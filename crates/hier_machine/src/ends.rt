// Why no machine was opened, and how a trace ends.
ghost use Rattle.std.specs.Prelude.{◌≡◌, IfErr, IfOk, None, Some};
ghost use Rattle.hier_machine.specs.Ends.{told_as};
ghost use Rattle.rv_guest.specs.declared.ends.MachineEnd.TheVariants.{Space};

use elf_image::ImageFault;
use hier_types::NoSpace;
use run_report::End;
use rv_guest::MachineEnd;

/// Why no machine was opened.
#[derive(Clone, Copy, Debug, PartialEq, Eq)]
pub enum OpenFault {
    NoMemory,
    /// No free place holds a page of the image, beside the pages before it.
    NoRoom(NoSpace),
}

/// Why no machine was opened on a file.
#[derive(Clone, Copy, Debug, PartialEq, Eq)]
pub enum NotOpened {
    /// The file is no image for the guest's span.
    BadImage(ImageFault),
    NoMemory,
    /// No free place holds a page of the image, beside the pages before it.
    NoRoom(NoSpace),
}

/// How a trace ends.
#[derive(Clone, Copy, Debug, PartialEq, Eq)]
pub enum TraceEnd {
    /// No access is left.
    Done,
    /// One is left, and as many were made as the budget allows.
    Budget,
    /// An access was refused: no free place holds a page that outgrew its own.
    Space(NoSpace),
    /// The output failed at what an access gave.
    OutFault,
}

/// The program's end for a run's. A refusal is handed back: its end tells of the store that refused.
pub fn end_of(end: MachineEnd) -> Result<End, NoSpace>
    ensures told { IfOk result (λ own. told_as end ≡ Some own) }
    ensures refused { IfErr result (λ refusal. end ≡ Space refusal) }
{
    match end {
        MachineEnd::Exit(status) => Ok(End::Exit { status }),
        MachineEnd::Trap(trap) => Ok(End::Trap(trap)),
        MachineEnd::Budget => Ok(End::Budget),
        MachineEnd::Space(refusal) => Err(refusal),
        MachineEnd::InFault => Ok(End::InFault),
        MachineEnd::OutFault => Ok(End::OutFault),
    }
}
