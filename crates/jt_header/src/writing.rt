//! Writing the header of a content.

ghost use Rattle.std.specs.Prelude.{◌≡◌, ◌+◌, ◌<◌, ◌≤◌, ◌^◌, [], ◌++◌, length, is_some};
ghost use Rattle.jt_header.specs.Content.{IsHeader, header_len, header_octets};

use crate::attributes::Attributes;
use crate::header::Header;
use arrayvec::ArrayVec;
use jt_value::Edition;
use jt_value::limits::CONTENT_LIMIT;

/// Writes the header before a body of `body_len` octets, at most 1,023, into an empty `out` (the standard's header). The
/// header is of either edition, with a phone of that edition, version 0 in 2013, and a packet number from 1 to the total.
pub fn write_header(header: &Header, body_len: u16, out: &mut ArrayVec<u8, CONTENT_LIMIT>)
    requires header { IsHeader header.now }
    requires body_len { body_len < 2 ^ 10 }
    requires empty { out.old.items ≡ [] }
    ensures octets { out.new.items ≡ header_octets header.now body_len }
    ensures short { length out.new.items ≤ 21 }
    ensures len { length out.new.items ≡ header_len header.now.edition (is_some header.now.packet) }
{
    put(out, &header.id.to_be_bytes());
    put(out, &Attributes::new(header, body_len).0.to_be_bytes());
    if header.edition == Edition::E2019 {
        put(out, &[header.version]);
    }
    put(out, header.phone.octets().as_slice());
    put(out, &header.serial.to_be_bytes());
    if let Some(packet) = header.packet {
        put(out, &packet.total.to_be_bytes());
        put(out, &packet.number.to_be_bytes());
    }
}

fn put(out: &mut ArrayVec<u8, CONTENT_LIMIT>, octets: &[u8])
    requires { length out.old.items + length octets.now ≤ CONTENT_LIMIT }
    ensures { out.new.items ≡ out.old.items ++ octets.now }
{
    out.try_extend_from_slice(octets).unwrap();
}
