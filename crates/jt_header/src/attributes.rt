//! The attributes, the second word of a header.

ghost use Rattle.std.specs.Prelude.{◌≡◌, ◌==◌, ◌<◌, ◌^◌, not};
ghost use Rattle.jt_header.specs.Content.{IsHeader, attributes};
ghost use Rattle.jt_header.specs.Fields.{edition_in, encryption_bits, has_bit15, has_packet, header_len_in, length_bits};

use crate::header::Header;
use jt_value::Edition;

const BODY_LEN: u16 = 0x03FF;

const ENCRYPTION: u16 = 0x1C00;

const PACKET: u16 = 0x2000;

const EDITION: u16 = 0x4000;

const BIT15: u16 = 0x8000;

/// The second word of a header (the standard's header).
#[derive(Clone, Copy)]
pub struct Attributes(pub u16);

impl Attributes {
    /// The attributes of a header before a body of this length.
    pub fn new(header: &Header, body_len: u16) -> Attributes
        requires header { IsHeader header.now }
        requires len { body_len < 2 ^ 10 }
        ensures { result.0 ≡ attributes header.now body_len }
    {
        let packet = if header.packet.is_some() { PACKET } else { 0 };
        let edition = match header.edition {
            Edition::E2013 => 0,
            Edition::E2019 => EDITION,
        };
        let bit15 = if header.bit15 { BIT15 } else { 0 };
        Attributes(body_len + packet + edition + bit15)
    }

    /// The body's length in octets.
    pub fn body_len(self) -> u16
        ensures { result ≡ length_bits self.0 }
    {
        self.0 & BODY_LEN
    }

    /// Whether the body is encrypted.
    pub fn is_encrypted(self) -> bool
        ensures { result ≡ not (encryption_bits self.0 == 0) }
    {
        self.0 & ENCRYPTION != 0
    }

    /// Whether the header has packet fields.
    pub fn has_packet(self) -> bool
        ensures { result ≡ has_packet self.0 }
    {
        self.0 & PACKET != 0
    }

    /// The header's edition.
    pub fn edition(self) -> Edition
        ensures { result ≡ edition_in self.0 }
    {
        if self.0 & EDITION != 0 {
            Edition::E2019
        } else {
            Edition::E2013
        }
    }

    /// Bit 15, which is carried.
    pub fn bit15(self) -> bool
        ensures { result ≡ has_bit15 self.0 }
    {
        self.0 & BIT15 != 0
    }

    /// The header's length in octets.
    pub fn header_len(self) -> usize
        ensures { result ≡ header_len_in self.0 }
    {
        match (self.edition(), self.has_packet()) {
            (Edition::E2013, false) => 12,
            (Edition::E2013, true) => 16,
            (Edition::E2019, false) => 17,
            (Edition::E2019, true) => 21,
        }
    }
}
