//! The header of a content.

use jt_value::{Edition, Phone};

/// Packet fields: which packet of how many (the standard's header).
#[derive(Clone, Copy, Debug, PartialEq, Eq)]
pub struct Packet {
    /// How many packets the message has.
    pub total: u16,
    /// This packet's number, from 1 to the total.
    pub number: u16,
}

/// What stands before the body in a content (the standard's header).
#[derive(Clone, Copy, Debug, PartialEq, Eq)]
pub struct Header {
    /// The edition by whose layout the header is written.
    pub edition: Edition,
    /// The message id.
    pub id: u16,
    /// Attribute bit 15, which has no meaning: it is carried and written back (this project's own rule).
    pub bit15: bool,
    /// The protocol version of 2019, an octet. It is 0 in 2013, where the header has none.
    pub version: u8,
    /// The phone, of the header's edition.
    pub phone: Phone,
    /// The message's serial number.
    pub serial: u16,
    /// Which packet of its message this is. None where the header has no packet fields.
    pub packet: Option<Packet>,
}
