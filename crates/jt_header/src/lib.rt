//! Headers of contents: read, refused and written.
#![tactic(auto)]

mod attributes;
mod header;
mod reading;
mod writing;

pub use header::{Header, Packet};
pub use reading::{law_of_contents, read_header};
pub use writing::write_header;
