ghost use Rattle.std.specs.Prelude.{◌≡◌, ◌+◌, ◌-◌, ◌<◌, ◌≤◌, ◌^◌, ◌++◌, ◌⊎◌, [], ◌∷◌, length, set, true, false, ℕ, Err, is_none, not, IfErr, IfOk, IfSome, IsSome, OnErr, OnOk, Some};
ghost use Rattle.std.specs.List.{flat_map};
ghost use Rattle.jt_play.specs.Holding.{FullWhere, TakesNext, is_short, ReadsNext, is_no_line, noted_at, phone_in, recorded_in, tally_of, IsMoment, HasMoreRoom, IsNewHub, IsNewTerminal, IsNoOpening, first_line, shut_lines, wrote_last};
ghost use Rattle.jt_play.specs.Laws.{HasFix, RecordsAtMost, first_play};
ghost use Rattle.jt_play.specs.Scripts.{IsPlayed, Names, TakesEdition, TakesPhone, at_most_u64, edition_by, settings_in};
ghost use Rattle.jt_play.specs.Playing.{beats, behind, begins, closes, cuts, finds_full, goes_on, goes_up, is_opened, loses, meets, moves, names_no_line, opens, play_after, reads, reads_down, reads_more, reads_one, records, round, RunsTo, starts_again, takes, takes_octet, takes_up, ticks};
ghost use Rattle.jt_platform.specs.Laws.{AreOf};
ghost use Rattle.jt_terminal_rule.specs.Messages.{AreSettings};
ghost use Rattle.jt_terminal_rule.specs.Rule.{first_params, response};
ghost use Rattle.jt_terminal_rule.specs.Tables.{set_params};
ghost use Rattle.jt_params.specs.Tables.{HasOctets};
ghost use Rattle.jt_platform.specs.History.{rows_after};
ghost use Rattle.jt_position.specs.Fixes.{IsFix};
ghost use Rattle.jt_store.specs.Vaults.{accepted_count};
ghost use Rattle.std.specs.FinMap.{empty};
ghost use Rattle.jt_terminal_rule.specs.declared.state.Event.TheVariants.{Opened, Tick};
ghost use Rattle.jt_value.specs.Sameness.{key_of};
ghost use Rattle.jt_terminal_steps.specs.Running.{IsEvent, IsSound};
ghost use Rattle.jt_value.specs.declared.limits.TheConstants.{FIX_LIMIT, ROW_LIMIT};
ghost use Rattle.jt_play.specs.declared.error.WorldError.TheVariants as refused;
ghost use Rattle.jt_script.specs.declared.world_event.WorldEvent.TheVariants as asked;
ghost use Rattle.jt_octets.specs.Reaching.{Leads, Reached};
ghost use Rattle.jt_octets.specs.Steps.{RestartPlatform, after};
ghost use Rattle.jt_octets.specs.World.{line_at};

use crate::error::WorldError;
use crate::identity::Identity;
use crate::laws::law_asked;
use crate::line::Line;
use crate::tally::{Tally, tally_all, tally_entries};
use jt_header::law_of_contents;
use jt_platform::{Entry, Fleet, Hub, law_answers, law_histories};
use jt_position::Fix;
use jt_script::WorldEvent;
use jt_session::{End, Fed};
use jt_store::{MemKeeper, MemVault, Row, StoreError};
use jt_stream::{law_frames, law_front, law_one_octet};
use jt_terminal::{Terminal, TerminalLine};
use jt_terminal_answers::first_params;
use jt_terminal_rule::{Event, Settings, law_rule};
use jt_value::limits::{FIX_LIMIT, ROW_LIMIT};
use jt_value::{Edition, Memory, Octets, Phone, Seq};
use std::alloc::Global;
use std::marker::Model;

// A unit whose acceptance the terminal was told: how many units were accepted then, and how many of the others stand before it.
#[derive(Clone, Copy)]
pub(crate) struct Told {
    accepted: usize,
    older: u64,
}

// No more lines have a number.
const MOST_LINES: usize = 0xffff_ffff;

// The clock stands still there.
const LAST_MOMENT: u64 = 0x8000_0000_0000_0000;

// One terminal over a vault in memory, one hub over a keeper in memory, and the lines between them.
#[derive(Drop)]
pub(crate) struct Stage {
    terminal: Terminal<MemVault>,
    hub: Hub<MemKeeper>,
    lines: Vec<Line>,
    ears: TerminalLine,
    // Whether they stand for what the terminal read of the newest line.
    hears: bool,
    // The histories of the hubs before this one.
    past: Vec<Seq<Entry>>,
    told: Vec<Told>,
    clock: u64,
}

impl Model for Stage {
    ghost use Rattle.std.specs.Coded.{codes};
    ghost use Rattle.jt_subpacket.specs.Stored.{partial_code};
    ghost use Rattle.jt_params.specs.contracts.table.ParamTable as params;
    ghost use Rattle.jt_regions.specs.contracts.region_table.RegionTable as regions;
    ghost use Rattle.jt_play.specs.Holding.{Hears, IsClock, IsRunning, lines_in, past_of, play_of, taken_on, told_of};
    ghost use Rattle.jt_play.specs.Playing.{Play};

    ghost Value = { Play };

    ghost coded = { Prim.hlevel (codes, partial_code, params.the_row.coded, regions.the_row.coded) };

    ghost view = { λ w. play_of w.terminal w.hub w.lines.items (past_of w.past.items) (told_of w.told.items) w.clock };

    ghost invariant = { λ w. IsRunning w.terminal w.hub w.lines.items × Hears w.hears w.ears (taken_on (lines_in w.lines.items)) × IsClock w.terminal w.clock };
}

// The octets of frames, one after another.
fn joined(alloc: Global, frames: &[Octets]) -> Result<Vec<u8>, Memory>
    ensures { IfOk result (λ all. all.items ≡ flat_map (λ frame. frame) frames.now) }
{
    let mut all = Vec::new(alloc);
    for frame in frames {
        all.extend_from_slice(frame.as_slice())?;
    }
    Ok(all)
}

// The newest line is written these octets, where there is one.
fn write_last(lines: &mut Vec<Line>, octets: &[u8]) -> Result<(), Memory>
    ensures ok { OnOk result (lines.new.items ≡ wrote_last lines.old.items octets.now) }
    ensures err { OnErr result (lines.new.items ≡ lines.old.items) }
{
    if lines.is_empty() {
        return Ok(());
    }
    let last = lines.len() - 1;
    lines[last].write(octets)
}

// Frames go up the newest line: whether there was room.
fn send(alloc: Global, lines: &mut Vec<Line>, frames: &[Octets]) -> bool
    ensures sent { result ≡ true →
        lines.new.items ≡ wrote_last lines.old.items (flat_map (λ frame. frame) frames.now) }
    ensures unsent { result ≡ false → lines.new.items ≡ lines.old.items }
{
    match joined(alloc, frames) {
        Ok(octets) => write_last(lines, octets.as_slice()).is_ok(),
        Err(_) => false,
    }
}

// The platform's ends of all lines are gone.
fn shut_all(lines: &mut Vec<Line>)
    ensures { lines.new.items ≡ shut_lines lines.old.items }
{
    let count = lines.len();
    let mut place = 0;
    while place < count {
        lines[place].shut();
        place += 1;
    }
}

// Makes a place for a history behind those that are kept.
fn make_place(alloc: Global, past: &mut Vec<Seq<Entry>>) -> Result<usize, Memory>
    ensures ok { IfOk result (λ place. (place ≡ length past.old.items)
        × (past.new.items ≡ past.old.items ++ [] ∷ [])) }
    ensures err { OnErr result (past.new.items ≡ past.old.items) }
{
    let place = past.len();
    past.push(Seq::new(alloc))?;
    Ok(place)
}

// A history stands in a place.
fn keep_history(past: &mut Vec<Seq<Entry>>, place: usize, history: Seq<Entry>)
    requires { place < length past.old.items }
    ensures { past.new.items ≡ set past.old.items place history }
{
    past[place] = history;
}

// Whether a session ended for want of memory, or for a fault of the keeper.
fn is_short(fed: Fed) -> bool
    ensures { result ≡ is_short fed }
{
    matches!(fed, Fed::Stop(End::StoreFault | End::Memory))
}

// The same entries again.
fn copies(alloc: Global, entries: &[Entry]) -> Result<Seq<Entry>, Memory>
    ensures { IfOk result (λ copies. copies ≡ entries.now) }
{
    let mut all = Seq::new(alloc);
    for entry in entries {
        let copy = entry.copy(alloc)?;
        all.push(copy)?;
    }
    Ok(all)
}

// So many octets, or as many as there are.
fn count_or_all(count: Option<u32>) -> u64
    ensures { IfSome count (λ some. result ≡ some) }
{
    match count {
        Some(count) => u64::from(count),
        None => u64::MAX,
    }
}

// A line is opened behind the others, and the hub has room for its Close: whether all was done.
fn add_line(alloc: Global, hub: &mut Hub<MemKeeper>, lines: &mut Vec<Line>) -> bool
    ensures room { HasMoreRoom hub.old hub.new }
    ensures added { result ≡ true → (lines.new.items
        ≡ lines.old.items ++ first_line (length lines.old.items + 1) ∷ [])
        × (length lines.old.items + 1 ≤ hub.new.reserved) }
    ensures unadded { result ≡ false → lines.new.items ≡ lines.old.items }
{
    if lines.len() >= MOST_LINES {
        return false;
    }
    let number = lines.len() as u32 + 1;
    if hub.reserve(number).is_err() {
        return false;
    }
    match Line::new(alloc, number) {
        Ok(line) => lines.push(line).is_ok(),
        Err(_) => false,
    }
}

// The unit in this place was told with so many before it, or none was.
fn note_told(told: &mut Vec<Told>, place: usize, accepted: usize, places: &[u64])
    requires { place < length told.old.items }
    ensures { told.new.items ≡ noted_at told.old.items place accepted places.now }
{
    match places.first() {
        Some(older) => {
            told[place] = Told {
                accepted,
                older: *older,
            };
        }
        None => told.truncate(place),
    }
}

// A hub without entries over an empty keeper.
fn new_hub(alloc: Global, fleet: Fleet, secret: Octets) -> Result<Hub<MemKeeper>, Memory>
    ensures { IfOk result (λ hub. IsNewHub fleet secret hub) }
{
    let keeper = MemKeeper::new(alloc, ROW_LIMIT, Seq::new(alloc));
    match Hub::start(alloc, keeper, fleet, secret) {
        Ok(hub) => Ok(hub),
        Err(_) => Err(Memory),
    }
}

// The parameters that a terminal begins with have octets. The start of a terminal does not say so.
fn look_at_params(alloc: Global, settings: &Settings) -> Result<(), Memory>
    ensures { IfOk result (λ done. HasOctets (set_params (first_params settings.now) empty)) }
{
    let _params = first_params(alloc, settings)?;
    Ok(())
}

// A terminal without a line over an empty vault.
fn new_terminal(alloc: Global, settings: Settings) -> Result<Terminal<MemVault>, Memory>
    requires { AreSettings settings }
    ensures new { IfOk result (λ terminal. IsNewTerminal settings terminal) }
    ensures sound { IfOk result (λ terminal. IsSound (Some terminal.vault.held) terminal.state) }
{
    law_rule();
    look_at_params(alloc, &settings)?;
    let vault = MemVault::new(alloc, FIX_LIMIT, Seq::new(alloc));
    match Terminal::start(alloc, vault, settings) {
        Ok(terminal) => Ok(terminal),
        Err(_) => Err(Memory),
    }
}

_ _ _ _ _ _ _

Task description:
Among the lines of the records above, count those containing the word "Option", then give the number by itself.

Task solution:
2